In any practical situation we very seldom know everything we need to know about the population being sampled, which is usually why we are sampling it, or its parameters. Given a choice of possible populations, assuming your sample reflects the composition of the population it was drawn from, the best choice is whichever population had the maximum likelihood of yielding your observed result.
To illustrate how a maximum likelihood statistic might be fitted let us employ an everyday statistic whose properties you should be familiar with.
For example, suppose you have a sample of 7 nvCJD patients. Of these, three patients show a clear positive response to a new but controversial type of chemotherapy, the remaining four do not. Ignoring the problems of estimators, assuming our observed proportion of successes is merely an estimate of the population as a whole, let us compare the likelihood of observing these results for a range of this parameter.
Assuming each of our observations represents its population, you might reasonably assume you had a 3 out of seven chance ( P ) of each result being a success, and a 4 in seven chance ( 1-P or Q ) it would be a failure. Since we have no idea of what the true proportion of successes really is, let us make a series of guesses as to what P might be - assuming P could be anywhere from zero to one.
Logically, because the only information we have on its population is our sample, that combination of results has the maximum likelihood of arising when p=P - for other statistics and estimators this relation is not so straightforward! The graph below shows the probability of p=3/7 arising given 50 possible values of P and, as you might expect, the proportion yielding the highest likelihood was very close to P= f/n = 3/7 - suggesting the maximum likelihood estimate of P, given a binomial model, is not (for instance) f/(n-1) or (f-0.5)/(n-0.5)
Notice that, although this looks like a binomial distribution, the graph above is a likelihood function. Nevertheless, by assuming that these observations are independent and random, we are implicitly assuming they would be binomially distributed. If however, there is appreciable measurement error, or these results are in some way associated, this model may be highly unrealistic.
In order to calculate a maximum likelihood, you must assume you know how your population is distributed.
A 'maximum likelihood' statistic assumes your data represents a specific defined population - if that is not the case NO statistic can be described thus.

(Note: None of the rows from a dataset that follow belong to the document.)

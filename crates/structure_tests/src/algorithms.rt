//! Tests of the algorithms over lists. Each algorithm is called on a list of eight objects, for every kind of list that has the algorithm.

ghost use Rattle.std.specs.Prelude.{◌≡◌, ◌<◌, ◌≤◌, List, length, true};
ghost use Rattle.ic_link_ops.specs.Prelude.{Place, index_of, is_placed, RepresentsChain, RepresentsSomeChain};
ghost use Rattle.ic_list_algorithms.specs.Runs.{WithinComparisonBound};
ghost use Rattle.structure_tests.specs.OfEight.{HoldsOfEight};

use crate::asserts::{assert_same, assert_true};
use ic_chain::{ForwardLinks, LinkList, ListKind};
use ic_link_ops::linked_list::{LinkOpsWith, TwoWords};
use ic_link_ops::singly_linked_list::Singly;
use ic_link_ops::{LinkOps, LinkValues, OneWord, PlainTable};
use ic_linked_list::DoublyLinked;
use ic_list_algorithms as algorithms;
use ic_list_algorithms::{By, Counted, Following, Natural};
use ic_singly_linked_list::SinglyLinked;
use ic_test_support::objects::{TENS, eight_objects, place_at};
use ic_unsafe_ref::{Objects, Place, UnsafeRef};
use std::process::Abort;

// Inserts the objects at the first `members` places into a new list, in the order of their places.
fn filled<K: ForwardLinks<L>, L: LinkOps>(links: &mut L, members: usize) -> LinkList<K, u64>
    requires few { members ≤ 8 }
    requires covered { (L.table links.old).extent.places ≡ 8 }
    ensures covers { (L.table links.new).extent.places ≡ 8 }
    ensures shown { RepresentsSomeChain K.Between K.kept (L.table links.new) result }
{
    let mut list = LinkList::new();
    for given in 0..members {
        let place = Place::new(members - 1 - given).unwrap();
        let _ = list.push_front(links, UnsafeRef::new(place));
    }
    list
}

// Sorts a list of numbers, and returns how often two numbers were compared.
fn sort_and_count<K: Following<L>, L: LinkOps>(
    list: &mut LinkList<K, u64>,
    links: &mut L,
    objects: &Objects<u64>,
) -> u64
    requires held { HoldsOfEight K.Between K.kept (L.table links.old) list.old objects.now }
    ensures few { (s : List Place) → RepresentsChain K.Between K.kept (L.table links.old) list.old s → WithinComparisonBound 0 result (length s) }
    ensures held { HoldsOfEight K.Between K.kept (L.table links.new) list.new objects.now }
{
    let mut order = Counted::new(Natural);
    algorithms::sort_by(list, links, objects, &mut order);
    order.looks()
}

// Sorts a list by the numbers beside its links, the largest first. Then it sorts the list by these numbers, the smallest first, and merges an empty
// list into it. Returns the first member after each of the two sorts.
fn sorted_keyed<K: Following<L>, L: LinkValues<u64>>(
    list: &mut LinkList<K, u64>,
    links: &mut L,
) -> (Option<usize>, Option<usize>)
    requires shown { RepresentsSomeChain K.Between K.kept (L.table links.old) list.old }
    ensures shown { RepresentsSomeChain K.Between K.kept (L.table links.new) list.new }
    ensures values { L.values links.new ≡ L.values links.old }
{
    let mut largest_first = By::new(|a: &u64, b: &u64| b.cmp(a));
    algorithms::sort_keyed(list, links, &mut largest_first);
    let largest = index_of_first(list);
    algorithms::sort_keyed(list, links, &mut Natural);
    algorithms::merge_keyed(list, links, &mut Natural, LinkList::new());
    (largest, index_of_first(list))
}

// Returns whether the list is in order, its length, its fourth member, and the position and the place of its first member above 40.
fn walked<K: ForwardLinks<L>, L: LinkOps>(
    list: &LinkList<K, u64>,
    links: &L,
    objects: &Objects<u64>,
) -> (bool, usize, Option<usize>, Option<usize>, Option<usize>)
    requires held { HoldsOfEight K.Between K.kept (L.table links.now) list.now objects.now }
{
    (
        algorithms::is_sorted_by(list, links, objects, &mut Natural),
        algorithms::len(list, links),
        index(algorithms::nth(list, links, 3)),
        algorithms::position(list, links, objects, |value: &u64| *value > 40),
        index(algorithms::find(list, links, objects, |value: &u64| *value > 40)),
    )
}

// Returns the index of an object's place, or `None` if there is no object.
fn index(object: Option<UnsafeRef<u64>>) -> Option<usize> {
    match object {
        Some(object) => Some(object.place().index()),
        None => None,
    }
}

// Merges an empty list into a list, and rotates the list by its first two members. Then it sorts the list of numbers, the largest first. Returns the
// first member of the rotated list, and the first member of the sorted list.
fn merged_and_sorted<K: Following<L>, L: LinkOps>(
    list: &mut LinkList<K, u64>,
    links: &mut L,
    objects: &Objects<u64>,
) -> (Option<usize>, Option<usize>)
    requires held { HoldsOfEight K.Between K.kept (L.table links.old) list.old objects.now }
    ensures held { HoldsOfEight K.Between K.kept (L.table links.new) list.new objects.now }
{
    algorithms::merge_by(list, links, objects, &mut Natural, LinkList::new());
    let rotated = turned(list, links);
    let mut largest_first = By::new(|a: &u64, b: &u64| b.cmp(a));
    algorithms::sort_by(list, links, objects, &mut largest_first);
    (rotated, index_of_first(list))
}

// Rotates a list by its first two members, and returns the first member of the rotated list.
fn turned<K: ForwardLinks<L>, L: LinkOps>(
    list: &mut LinkList<K, u64>,
    links: &mut L,
) -> Option<usize>
    requires shown { RepresentsSomeChain K.Between K.kept (L.table links.old) list.old }
    ensures shown { RepresentsSomeChain K.Between K.kept (L.table links.new) list.new }
    ensures extent { (L.table links.new).extent ≡ (L.table links.old).extent }
{
    algorithms::rotate_left(list, links, 2);
    index_of_first(list)
}

// Removes all members except the numbers above 30, and returns the first remaining member.
fn sifted<K: ForwardLinks<L>, L: LinkOps>(
    list: &mut LinkList<K, u64>,
    links: &mut L,
    objects: &Objects<u64>,
) -> Option<usize>
    requires held { HoldsOfEight K.Between K.kept (L.table links.old) list.old objects.now }
    ensures held { HoldsOfEight K.Between K.kept (L.table links.new) list.new objects.now }
{
    algorithms::retain(list, links, objects, |value: &u64| *value > 30);
    index_of_first(list)
}

// Removes each member that has the same hundreds as the member before it, and returns how many members are left.
fn deduped<K: ForwardLinks<L>, L: LinkOps>(
    list: &mut LinkList<K, u64>,
    links: &mut L,
    objects: &Objects<u64>,
) -> usize
    requires held { HoldsOfEight K.Between K.kept (L.table links.old) list.old objects.now }
    ensures held { HoldsOfEight K.Between K.kept (L.table links.new) list.new objects.now }
{
    algorithms::dedup_by(
        list,
        links,
        objects,
        |a: &u64, b: &u64| *a / 100 == *b / 100,
    );
    algorithms::len(list, links)
}

// Returns the index of the first member's place, or `None` if the list is empty.
fn index_of_first<K: ListKind>(list: &LinkList<K, u64>) -> Option<usize> {
    match list.first() {
        Some(place) => Some(place.index()),
        None => None,
    }
}

// Calls each algorithm that all kinds of lists have, on a list of all eight objects, and returns the list.
fn play<K: Following<L>, L: LinkOps>(
    rt: &impl Abort,
    links: &mut L,
    objects: &Objects<u64>,
) -> LinkList<K, u64>
    requires covered { (L.table links.old).extent.places ≡ 8 }
    requires placed { (q : Place) → index_of q < 8 → is_placed objects.now q ≡ true }
    ensures held { HoldsOfEight K.Between K.kept (L.table links.new) result objects.now }
{
    let mut list: LinkList<K, u64> = filled(links, 8);
    let found = walked(&list, &*links, objects);
    assert_same(rt, found, (true, 8, Some(3), Some(4), Some(4)));
    assert_same(rt, sort_and_count(&mut list, links, objects), 12);
    let firsts = merged_and_sorted(&mut list, links, objects);
    assert_same(rt, firsts, (Some(2), Some(7)));
    assert_same(rt, turned(&mut list, links), Some(5));
    let _ = sort_and_count(&mut list, links, objects);
    assert_same(rt, sifted(&mut list, links, objects), Some(3));
    list.clear(links);
    let mut list: LinkList<K, u64> = filled(links, 8);
    assert_same(rt, deduped(&mut list, links, objects), 1);
    list
}

// Calls the algorithms that sort by the numbers beside the links, on a list with the numbers 30, 10 and 20.
fn play_keyed<K: Following<L>, L: LinkValues<u64>>(rt: &impl Abort, links: &mut L)
    requires covered { (L.table links.old).extent.places ≡ 8 }
{
    links.set_value(place_at(0), 30);
    links.set_value(place_at(1), 10);
    links.set_value(place_at(2), 20);
    let mut list: LinkList<K, u64> = filled(links, 3);
    let firsts = sorted_keyed(&mut list, links);
    assert_same(rt, firsts, (Some(0), Some(1)));
    assert_same(rt, turned(&mut list, links), Some(0));
}

// Calls the algorithms on a list that keeps its last member. The empty list that is appended must be empty afterwards.
#[test]
fn algorithms_over_doubly_lists(rt: HostRuntime) {
    let (objects, mut links) = eight_objects(rt.alloc(), TENS).expect(&rt, "memory");
    let mut list = play::<DoublyLinked, PlainTable<TwoWords>>(&rt, &mut links, &objects);
    let mut other = LinkList::new();
    algorithms::append(&mut list, &mut links, &mut other);
    assert_true(&rt, other.is_empty());
}

// Calls the algorithms on a list that keeps only its first member. The empty list is appended by a walk to the last member.
#[test]
fn algorithms_over_singly_lists(rt: HostRuntime) {
    let (objects, mut links) = eight_objects(rt.alloc(), TENS).expect(&rt, "memory");
    let mut list = play::<SinglyLinked, PlainTable<OneWord<Singly>>>(&rt, &mut links, &objects);
    let mut other = LinkList::new();
    algorithms::append_walking(&mut list, &mut links, &mut other);
    assert_true(&rt, other.is_empty());
}

#[test]
fn sorts_by_what_stands_beside_links(rt: HostRuntime) {
    let mut links: LinkOpsWith<u64> = LinkOpsWith::new(rt.alloc());
    let _ = links.cover(8);
    assert!(rt; links.covers() == 8);
    play_keyed::<DoublyLinked, LinkOpsWith<u64>>(&rt, &mut links);
}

Some common maximum likelihood statistics are:
- The arithmetic mean, it provides the maximum likelihood estimate of the population mean when observations are randomly selected from a normal population.
- The sample proportion, p, gives the MLE of the population proportion (P) when p is distributed binomially.
- The line predicted by an ordinary linear regression when errors about that line represent a normal population whose mean is zero, and they are uniformly distributed along that line.
Note: When calculated from sufficiently large samples quite a few maximum likelihood statistics have an approximately normal distribution, and their bias converges to zero - although some converge to this asymptotic behaviour quite slowly.
- For example, when calculated from normally distributed samples, the population variance formula provides the maximum likelihood estimate with a bias of n/(n-1).
As a result, maximum likelihood estimators are commonly fitted and tested assuming a normal distribution - even for very small sample sizes.